1. 1. Statement optimization makes statements execute faster and reduces waiting time.
   2. Use batch operations instead of loops.
   3. Minimize the length of transactions.
   4. Try lowering the transaction isolation level.
   5. None of the above can be alleviated... Please choose read-write separation.

 

 The LCK_ type contains: (not explained in detail here)

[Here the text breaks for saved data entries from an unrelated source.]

//! The cage as the layers above see it.

ghost use Rattle.std.specs.Prelude.{◌≡◌, ℕ, ◌-◌, ◌≤◌, List, [], ◌∷◌, Bool, true, false, None, Some, IsOk, OnOk, OnErr};
ghost use Rattle.std.specs.Prelude.{IfOk, IfErr, IfSome, IfNone, slice_set, replicate, is_some, ◌↔◌, IsTrue, ◌+◌, ◌<◌, ◌^◌, ◌||◌};
ghost use Rattle.std.specs.Prelude.{is_err, vec_capacity};
ghost use Rattle.sw_base.specs.Limits.{most_slots};
ghost use Rattle.sw_base.specs.Layout.{Channel, slot_at, is_present, has_meter, IsClash, IsExclusive};
ghost use Rattle.sw_card.specs.Account.{closed_at, is_meter};
ghost use Rattle.sw_cage.specs.Accounts.{accounts_of, layout_of, is_closed, with_chan, option_rest, all_open};
ghost use Rattle.sw_cage.specs.Accounts.{IsChannelFault};
ghost use Rattle.sw_cage.specs.Cards.{KeepsOthers, meters_of, with_card_back, KeepsMeters};
ghost use Rattle.sw_cage.specs.Change.{Sets, IsDisturbed, any_failed};
ghost use Rattle.sw_cage.specs.Install.{CanInstall, RefusesInstall, RefusesEject, stopped, without_card};
ghost use Rattle.sw_cage.specs.Close.{all_present, CanClose, RefusesClose};
ghost use Rattle.sw_cage.specs.Cage.{empty_cage, cage_with_cards, safe_state, cage_layout};
ghost use Rattle.sw_verify.specs.Channels.{is_among};
ghost use Rattle.sw_verify.specs.Sound.{IsSound};
ghost use Rattle.sw_cage.specs.Channels.{closed_list};
ghost use Rattle.sw_cage.specs.Work.{IsTold};
ghost use Rattle.sw_cage.specs.Good.{IsGood};
ghost use Rattle.sw_cage.specs.TakenSeen.{taken_seen, tells_fault, SaysIgnored};
ghost use Rattle.sw_cage.specs.Takes.{Takes, TakesReturn, AwaitsOther};
ghost use Rattle.sw_cage.specs.Outcome.{Advances, AdvancesPast, Counts, begun, with_back, readings_with};

mod awaiting;
mod layout;
mod surety;

use crate::job::{Finished, Ticket};
use crate::refusal::{CloseRefusal, EjectRefusal, InstallRefusal};
use crate::scan::Scan;
use crate::scan::machine::{go_on, go_past, take_in};
use crate::scan::tickets::Tickets;
use crate::slots::Slots;
use crate::taken::{Happening, Taken};
use std::alloc::{AllocError, Global};
use std::marker::Model;
use std::mem::replace;
use sw_base::{Chan, Reading};
use sw_card::{Card, CardFault, Meter, Relay};
use sw_verify::Course;

/// Slots, numbered from 1, that hold relay and meter cards.
///
/// Contracts see the cards themselves by slot (`cards`), and the cage as data (`seen`), in which each card is its own
/// account. A meter stays the very card in every call on the others. A relay card whose relays a call drives gets
/// another state of its driver; of that, contracts know only its account.
#[derive(Drop)]
pub struct Cage<R: Relay, M: Meter> {
    slots: Slots<R, M>,
    out: Tickets,
    number: u64,
    scan: Option<Scan>,
    readings: Vec<Reading>,
}

impl<R: Relay, M: Meter> Model for Cage<R, M> {
    ghost use Rattle.std.specs.Prelude.{◌⊎◌, vec_capacity};
    ghost use Rattle.sw_cage.specs.Accounts.{accounts_of};
    ghost use Rattle.sw_cage.specs.Cards.{CageState};
    ghost use Rattle.sw_cage.specs.Good.{IsGoodWithRoom};

    ghost Value = { CageState (R ⊎ M) };

    ghost view = { λ c. record {
      cards = c.slots;
      seen = record {
        cards = accounts_of c.slots;
        out = c.out;
        number = c.number;
        scan = c.scan;
        readings = c.readings.items;
      };
    } };

    ghost invariant = { λ c. IsGoodWithRoom (record {
      cards = accounts_of c.slots;
      out = c.out;
      number = c.number;
      scan = c.scan;
      readings = c.readings.items;
    }) (vec_capacity c.readings) };
}
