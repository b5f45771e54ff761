//! Lanes that are any words: their halves, and their sums and differences modulo P.

ghost use Rattle.std.specs.Prelude.{◌≡◌, ◌*◌, ◌^◌, ◌%◌, ◌/◌, map};
ghost use Rattle.std.specs.Simd.Lanes.{zip2};
ghost use Rattle.math_lanes.specs.Words.{difference_of_words, sum_of_words};

use std::simd::prelude::*;

/// P, the modulus.
pub(crate) const MODULUS: u64 = 0xffff_ffff_0000_0001;

/// 2^32 - 1: the lower half of a word, and the remainder of 2^64 by P.
pub(crate) const LOWER_HALF: u64 = 0xffff_ffff;

/// Returns the lower half of each lane.
#[inline(always)]
pub fn lower_halves<const N: usize>(a: Simd<u64, N>) -> Simd<u64, N>
    ensures { result ≡ map (λ x. x % 2 ^ 32) a.entry }
{
    a & Simd::splat(LOWER_HALF)
}

/// Returns the upper half of each lane, in place of the lower one.
#[inline(always)]
pub fn upper_halves<const N: usize>(a: Simd<u64, N>) -> Simd<u64, N>
    ensures { result ≡ map (λ x. x / 2 ^ 32) a.entry }
{
    a >> 32
}

/// Returns the lower half of each lane, in place of the upper one.
#[inline(always)]
pub fn raised_halves<const N: usize>(a: Simd<u64, N>) -> Simd<u64, N>
    ensures { result ≡ map (λ x. x * 2 ^ 32 % 2 ^ 64) a.entry }
{
    a << 32
}

/// Returns a - b modulo 2^64 in each lane, with P added where that is below zero. Where b is no
/// more than P, the lane is congruent to a - b modulo P, but it may be P or more.
#[inline(always)]
pub fn differences_of_words<const N: usize>(a: Simd<u64, N>, b: Simd<u64, N>) -> Simd<u64, N>
    ensures { result ≡ zip2 difference_of_words a.entry b.entry }
{
    let difference = a - b;
    difference - a.simd_lt(b).select(Simd::splat(LOWER_HALF), Simd::splat(0))
}

/// Returns a - (P - b) in each lane, as `differences_of_words` does. Where a + b is below 2 P and b
/// is no more than P, the lane is the remainder of a + b by P.
#[inline(always)]
pub fn sums_of_words<const N: usize>(a: Simd<u64, N>, b: Simd<u64, N>) -> Simd<u64, N>
    ensures { result ≡ zip2 sum_of_words a.entry b.entry }
{
    differences_of_words(a, Simd::splat(MODULUS) - b)
}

LCK_M_RIn_NL	Occurs when a task is waiting to acquire a NULL lock on the current key value and an insert range lock between the current key and the previous key. A NULL lock on a key is a lock that is released immediately. See  sys.dm_tran_locks for the lock compatibility matrix .
LCK_M_RIn_S	Occurs when a task is waiting to acquire a shared lock on the current key value and an insert range lock between the current key and the previous key. See  sys.dm_tran_locks for the lock compatibility matrix .
LCK_M_RIn_U	The task is waiting to acquire the update lock on the current key value and the insert range lock between the current key and the previous key. See sys.dm_tran_locks for the lock compatibility matrix .
LCK_M_RIn_X	Occurs when a task is waiting to acquire an exclusive lock on the current key value and an insert range lock between the current key and the previous key. See  sys.dm_tran_locks for the lock compatibility matrix .
LCK_M_RS_S	Occurs when a task is waiting to acquire a shared lock on the current key value and a shared range lock between the current key and the previous key. See  sys.dm_tran_locks for the lock compatibility matrix .
LCK_M_RS_U	Occurs when a task is waiting to acquire an update lock on the current key value and an update range lock between the current key and the previous key. See  sys.dm_tran_locks for the lock compatibility matrix .
LCK_M_RX_S	Occurs when a task is waiting to acquire a shared lock on the current key value and an exclusive range lock between the current key and the previous key. See  sys.dm_tran_locks for the lock compatibility matrix .
LCK_M_RX_U	Occurs when a task is waiting to acquire an update lock on the current key value and an exclusive range lock between the current key and the previous key. See  sys.dm_tran_locks for the lock compatibility matrix .
LCK_M_RX_X	Occurs when a task is waiting to acquire an exclusive lock on the current key value and an exclusive range lock between the current key and the previous key. See  sys.dm_tran_locks for the lock compatibility matrix .
LCK_M_S	Occurs when a task is waiting to acquire a shared lock. See  sys.dm_tran_locks for the lock compatibility matrix .
LCK_M_SCH_M	Occurs when a task is waiting to acquire a schema modification lock. See  sys.dm_tran_locks for the lock compatibility matrix .
LCK_M_SCH_S	Occurs when a task is waiting to acquire a schema shared lock. See  sys.dm_tran_locks for the lock compatibility matrix .
LCK_M_SIU	Occurs when a task is waiting to acquire a shared intent update lock. See  sys.dm_tran_locks for the lock compatibility matrix .
LCK_M_SIX	Occurs when a task is waiting to acquire a shared intent exclusive lock. See  sys.dm_tran_locks for the lock compatibility matrix .
LCK_M_U	Occurs when a task is waiting to acquire an update lock. See  sys.dm_tran_locks for the lock compatibility matrix .
LCK_M_UIX	Occurs when a task is waiting to acquire an update intent exclusive lock. See  sys.dm_tran_locks for the lock compatibility matrix .
LCK_M_X	Occurs when a task is waiting to acquire an exclusive lock. See  sys.dm_tran_locks for the lock compatibility matrix .

ASYNC_NETWORK_IO 

　　This waiting state occurs when SQL Server has prepared the data, but the network does not have enough transmission speed to keep up, so the data of SQL Server has no place to store.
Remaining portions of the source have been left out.